Conceptually, this is exactly how a concatenated pattern should match.
*Note that `freeMoveTo` will be shown after.*
> Concat p1 p2 -> do
> nfa1 <- buildNFA p1
> nfa2 <- buildNFA p2
>
> let freeMoves = map (freeMoveTo nfa2) $ acceptStates nfa1
>
> return $ NFA
> (rules nfa1 ++ freeMoves ++ rules nfa2)
> (currentStates nfa1)
> (acceptStates nfa2)
We can implement choice by creating a new starting state, and connecting
it to both sub-patterns' NFAs via Free Moves. Now the machine will jump
into both NFAs at once, and the composed machine will accept the input
if either of the paths leads to an accept state.
> Choose p1 p2 -> do
> s2 <- nextId
> nfa1 <- buildNFA p1
> nfa2 <- buildNFA p2
>
> let freeMoves =
> [ freeMoveTo nfa1 s2
> , freeMoveTo nfa2 s2
> ]
>
> return $ NFA
> (freeMoves ++ rules nfa1 ++ rules nfa2) [s2]
> (acceptStates nfa1 ++ acceptStates nfa2)
>
A repeated pattern is probably hardest to wrap your head around.
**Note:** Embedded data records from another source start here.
// Writing a list as a dispatch.
//
// A walk from the list meets its vertices in the order in which laying the list down in an empty ledger numbers them; then
// the length is known, and the head and the records are written. The time is linear in the vertices that are reached; no
// other part of the work space is read or written.
#![tactic(auto)]

mod met;
mod records;
mod walk;

ghost use Rattle.std.specs.Prelude.{◌≡◌, ◌+◌, ◌*◌, ◌≤◌, length};
ghost use Rattle.ledger.specs.Diagrams.{Sound};
ghost use Rattle.ledger.specs.Ledger.{codes};
ghost use Rattle.wire.specs.Written.{written};
ghost use Rattle.writing.specs.Writes.{Writes, PastKept};

use crate::records::write_records;
use crate::walk::walk;
use memory::shelf::Shelf;
use memory::work::Place;
use symbols::{ShortOutput, WireSymbol};
use wire::head::{HEAD_LENGTH, Head, VERSION, write_head};
use wire::records::record_length;

// The dispatch of a list at the start of `out`, and its length.
pub fn write<S: WireSymbol, B: Shelf<S>>(
    shelf: &B,
    list: u32,
    out: &mut [u8],
    work: &mut [Place],
) -> Result<usize, ShortOutput>
    requires room { 2 * B.Shelf.capacity shelf.now + 256 ≤ length work.old }
    requires good { list ≤ length (B.Shelf.vertices shelf.now) + 1 }
    ensures kept { PastKept out.old result out.new }
    ensures answer { Sound S.Symbol.before (B.Shelf.vertices shelf.now) → Writes (written S.Symbol.before S.WireSymbol.travel (codes (B.Shelf.vertices shelf.now) list)) out.old result out.new }
{
    let used = shelf.used() as usize;
    let (seen, stack) = work.split_at_mut(used);
    let seen = walk(shelf, list, seen, stack);
    let whole = HEAD_LENGTH + seen.met as usize * record_length::<S>();
    if out.len() < whole {
        return Err(ShortOutput);
    }
    let head = Head {
        whole: whole as u32,
        version: VERSION,
        kind: S::kind(),
        count: seen.met,
        root: seen.new_link(list),
    };
    write_head(head, out);
    write_records(shelf, &seen, out);
    Ok(whole)
}
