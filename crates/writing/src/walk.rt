// The walk from a list: a vertex's zero link, its one link, then the vertex itself, each vertex once. The vertices that
// wait for their links lie on a stack in lent places; their numbers fall along it, so it is never deeper than there are
// vertices.
ghost use Rattle.std.specs.Prelude.{◌≡◌, ◌+◌, ◌≤◌, [], ◌∷◌, map, length};
ghost use Rattle.ledger.specs.Diagrams.{Formed, Sound};
ghost use Rattle.ledger.specs.Ledger.{codes, lay};
ghost use Rattle.writing.specs.Met.{met_numbers};
ghost use Rattle.writing.specs.Walks.{waiting, NextBelow, NextLink, Walking, Turns, TurnsTo};

use crate::met::{Seen, meet};
use memory::reading::read_vertex;
use memory::shelf::Shelf;
use memory::stack::Stack;
use memory::work::Place;
use symbols::Symbol;

// The place of a vertex that waits.
fn waiting_place(n: u32) -> Place
    ensures { result.list ≡ n }
{
    Place {
        list: n,
        ..Place::default()
    }
}

// The first link of a vertex that is not met yet, if there is one.
fn next_link<S: Symbol, B: Shelf<S>>(shelf: &B, n: u32, seen: &Seen) -> Option<u32>
    requires vertex { (2 ≤ n) × (n ≤ length seen.now.places.now + 1) }
    requires size { length seen.now.places.now ≡ length (B.Shelf.vertices shelf.now) }
    ensures below { NextBelow seen.now.places.now seen.now.met n result }
    ensures value { Formed S.Symbol.before (B.Shelf.vertices shelf.now) → NextLink (B.Shelf.vertices shelf.now) seen.now.places.now seen.now.met n result }
{
    let (_, zero, one) = read_vertex(shelf, n)?;
    if seen.is_unmet(zero) {
        return Some(zero);
    }
    if seen.is_unmet(one) {
        return Some(one);
    }
    None
}

// The vertex that waited last gives way to a link that is not met, or is met itself; answers how many are met then.
fn turn<S: Symbol, B: Shelf<S>>(
    shelf: &B,
    last: Place,
    met: u32,
    seen: &mut [Place],
    stack: &mut Stack,
) -> u32
    requires size { length seen.old ≡ length (B.Shelf.vertices shelf.now) }
    requires room { length seen.old ≤ stack.old.room }
    requires walking { Walking seen.old (waiting (last ∷ stack.old.frames)) met }
    ensures walking { Turns seen.old (waiting (last ∷ stack.old.frames)) met seen.new (waiting stack.new.frames) result }
    ensures value { Sound S.Symbol.before (B.Shelf.vertices shelf.now) → TurnsTo S.Symbol.before (B.Shelf.vertices shelf.now) seen.old (waiting (last ∷ stack.old.frames)) met seen.new (waiting stack.new.frames) result }
    ensures room { stack.new.room ≡ stack.old.room }
{
    match next_link(shelf, last.list, &Seen { places: seen, met }) {
        Some(link) => {
            stack.push(last);
            stack.push(waiting_place(link));
            met
        }
        None => {
            meet(seen, met, last.list);
            met + 1
        }
    }
}

// Meets the vertices that are reached from the list.
pub(crate) fn walk<'a, S: Symbol, B: Shelf<S>>(
    shelf: &B,
    list: u32,
    seen: &'a mut [Place],
    stack: &mut [Place],
) -> Seen<'a>
    requires good { list ≤ length seen.old + 1 }
    requires size { length seen.old ≡ length (B.Shelf.vertices shelf.now) }
    requires room { length seen.old ≤ length stack.old }
    ensures size { length result.places.now ≡ length (B.Shelf.vertices shelf.now) }
    ensures value { Sound S.Symbol.before (B.Shelf.vertices shelf.now) → map (codes (B.Shelf.vertices shelf.now)) (met_numbers result.places.now result.met) ≡ lay S.Symbol.before [] (codes (B.Shelf.vertices shelf.now) list) }
{
    let mut stack = Stack::new(stack);
    if list >= 2 {
        stack.push(waiting_place(list));
    }
    let mut met = 0;
    while let Some(last) = stack.pop() {
        met = turn(shelf, last, met, seen, &mut stack);
    }
    Seen { places: seen, met }
}
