// The records of the vertices that a walk has met, in their order.
ghost use Rattle.std.specs.Prelude.{◌≡◌, ◌+◌, ◌*◌, ◌<◌, ◌≤◌, length, drop};
ghost use Rattle.ledger.specs.Diagrams.{Formed};
ghost use Rattle.writing.specs.Records.{Renumbered, PutAt, Filled};

use crate::met::Seen;
use ledger::Vertex;
use memory::reading::read_vertex;
use memory::shelf::Shelf;
use symbols::WireSymbol;
use wire::head::HEAD_LENGTH;
use wire::records::{record_length, write_record};

// The k-th vertex that was met, with its links renumbered.
fn renumbered<S: WireSymbol, B: Shelf<S>>(shelf: &B, seen: &Seen, k: u32) -> Option<Vertex<S>>
    requires { k < seen.now.met }
    ensures { Formed S.Symbol.before (B.Shelf.vertices shelf.now) → length seen.now.places.now ≡ length (B.Shelf.vertices shelf.now) → Renumbered (B.Shelf.vertices shelf.now) seen.now.places.now seen.now.met k result }
{
    let (label, zero, one) = read_vertex(shelf, seen.places[k as usize].list)?;
    Some(Vertex {
        label,
        zero: seen.new_link(zero),
        one: seen.new_link(one),
    })
}

// Writes the record of the k-th vertex to its place in the dispatch.
fn write_kth<S: WireSymbol, B: Shelf<S>>(shelf: &B, seen: &Seen, k: u32, out: &mut [u8])
    requires here { k < seen.now.met }
    requires room { 14 + seen.now.met * (S.WireSymbol.travel.width + 8) ≤ length out.old }
    ensures kept { drop (14 + (k + 1) * (S.WireSymbol.travel.width + 8)) out.new ≡ drop (14 + (k + 1) * (S.WireSymbol.travel.width + 8)) out.old }
    ensures value { Formed S.Symbol.before (B.Shelf.vertices shelf.now) → length seen.now.places.now ≡ length (B.Shelf.vertices shelf.now) → PutAt (B.Shelf.vertices shelf.now) seen.now.places.now seen.now.met k S.WireSymbol.travel.width S.WireSymbol.travel.bytes out.old out.new }
{
    let size = record_length::<S>();
    let from = HEAD_LENGTH + k as usize * size;
    if let Some(vertex) = renumbered(shelf, seen, k) {
        write_record(&vertex, &mut out[from..from + size]);
    }
}

// Writes the records behind the head. By number: of an output that `chunks_mut` lends nothing is told
// after.
pub(crate) fn write_records<S: WireSymbol, B: Shelf<S>>(shelf: &B, seen: &Seen, out: &mut [u8])
    requires { 14 + seen.now.met * (S.WireSymbol.travel.width + 8) ≤ length out.old }
    ensures kept { drop (14 + seen.now.met * (S.WireSymbol.travel.width + 8)) out.new ≡ drop (14 + seen.now.met * (S.WireSymbol.travel.width + 8)) out.old }
    ensures value { Formed S.Symbol.before (B.Shelf.vertices shelf.now) → length seen.now.places.now ≡ length (B.Shelf.vertices shelf.now) → Filled (B.Shelf.vertices shelf.now) seen.now.places.now seen.now.met seen.now.met S.WireSymbol.travel.width S.WireSymbol.travel.bytes out.old out.new }
{
    for k in 0..seen.met {
        write_kth(shelf, seen, k, out);
    }
}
We need
to first convert the sub-pattern to an NFA, then we'll connect up a new
start state via a Free Move (to match 0 occurrences), then we'll connect
the accept state back to the start state (to match repetitions of the
pattern).
> Repeat p -> do
> s2 <- nextId
> nfa <- buildNFA p
>
> let initMove = freeMoveTo nfa s2
> freeMoves = map (freeMoveTo nfa) $ acceptStates nfa
>
> return $ NFA
> (initMove : rules nfa ++ freeMoves) [s2]
> (s2: acceptStates nfa)
>
And finally, our little helper which connects some state up to an NFA via
a Free Move.
> where
> freeMoveTo :: NFA -> SID -> Rule
> freeMoveTo nfa s = Rule s Nothing (currentStates nfa)
<h2>That's It</h2>
I want to give a big thanks to Tom Stuart for writing Understanding
Computation. That book has opened my eyes in so many ways. I understand
why he chose Ruby as the book's implementation language, but I find
Haskell to be better-suited to these sorts of modeling tasks. Hopefully
he doesn't mind me exploring that by rewriting some of his examples.